== Given entries ==
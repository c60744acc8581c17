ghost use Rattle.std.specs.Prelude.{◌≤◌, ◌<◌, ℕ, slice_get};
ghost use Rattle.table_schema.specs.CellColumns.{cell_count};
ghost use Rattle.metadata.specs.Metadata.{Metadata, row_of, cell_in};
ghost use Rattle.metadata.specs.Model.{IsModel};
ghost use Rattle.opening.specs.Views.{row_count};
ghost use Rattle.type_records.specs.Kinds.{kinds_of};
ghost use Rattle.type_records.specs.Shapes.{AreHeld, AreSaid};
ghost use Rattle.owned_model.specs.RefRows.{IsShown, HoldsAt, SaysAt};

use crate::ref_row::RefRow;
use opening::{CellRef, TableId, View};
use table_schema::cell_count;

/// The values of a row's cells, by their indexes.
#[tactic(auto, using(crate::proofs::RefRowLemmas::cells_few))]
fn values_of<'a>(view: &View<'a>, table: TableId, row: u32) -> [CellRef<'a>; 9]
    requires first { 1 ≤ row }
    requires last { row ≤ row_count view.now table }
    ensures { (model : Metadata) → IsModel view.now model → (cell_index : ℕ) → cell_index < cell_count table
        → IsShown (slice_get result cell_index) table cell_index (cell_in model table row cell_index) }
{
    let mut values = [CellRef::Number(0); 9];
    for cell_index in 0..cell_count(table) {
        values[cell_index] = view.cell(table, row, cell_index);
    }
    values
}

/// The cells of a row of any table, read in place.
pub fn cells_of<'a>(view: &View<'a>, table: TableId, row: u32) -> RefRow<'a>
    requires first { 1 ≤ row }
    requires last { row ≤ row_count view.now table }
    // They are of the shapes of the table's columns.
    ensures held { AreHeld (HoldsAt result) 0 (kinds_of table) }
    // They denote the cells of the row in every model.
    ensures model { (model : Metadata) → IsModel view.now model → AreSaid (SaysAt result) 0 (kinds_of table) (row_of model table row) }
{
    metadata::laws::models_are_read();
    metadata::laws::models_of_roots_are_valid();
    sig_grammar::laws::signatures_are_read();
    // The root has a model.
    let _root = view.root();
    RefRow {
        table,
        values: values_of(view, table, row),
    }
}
===
→ Try it
With no line skipped, repeat the records exactly.

→ Written answer
repository c60744acc8581c17
ghost use Rattle.std.specs.Prelude.{◌≤◌, ◌<◌, ℕ, slice_get};
ghost use Rattle.table_schema.specs.CellColumns.{cell_count};
ghost use Rattle.metadata.specs.Metadata.{Metadata, row_of, cell_in};
ghost use Rattle.metadata.specs.Model.{IsModel};
ghost use Rattle.opening.specs.Views.{row_count};
ghost use Rattle.type_records.specs.Kinds.{kinds_of};
ghost use Rattle.type_records.specs.Shapes.{AreHeld, AreSaid};
ghost use Rattle.owned_model.specs.RefRows.{IsShown, HoldsAt, SaysAt};

use crate::ref_row::RefRow;
use opening::{CellRef, TableId, View};
use table_schema::cell_count;

/// The values of a row's cells, by their indexes.
#[tactic(auto, using(crate::proofs::RefRowLemmas::cells_few))]
fn values_of<'a>(view: &View<'a>, table: TableId, row: u32) -> [CellRef<'a>; 9]
    requires first { 1 ≤ row }
    requires last { row ≤ row_count view.now table }
    ensures { (model : Metadata) → IsModel view.now model → (cell_index : ℕ) → cell_index < cell_count table
        → IsShown (slice_get result cell_index) table cell_index (cell_in model table row cell_index) }
{
    let mut values = [CellRef::Number(0); 9];
    for cell_index in 0..cell_count(table) {
        values[cell_index] = view.cell(table, row, cell_index);
    }
    values
}

/// The cells of a row of any table, read in place.
pub fn cells_of<'a>(view: &View<'a>, table: TableId, row: u32) -> RefRow<'a>
    requires first { 1 ≤ row }
    requires last { row ≤ row_count view.now table }
    // They are of the shapes of the table's columns.
    ensures held { AreHeld (HoldsAt result) 0 (kinds_of table) }
    // They denote the cells of the row in every model.
    ensures model { (model : Metadata) → IsModel view.now model → AreSaid (SaysAt result) 0 (kinds_of table) (row_of model table row) }
{
    metadata::laws::models_are_read();
    metadata::laws::models_of_roots_are_valid();
    sig_grammar::laws::signatures_are_read();
    // The root has a model.
    let _root = view.root();
    RefRow {
        table,
        values: values_of(view, table, row),
    }
}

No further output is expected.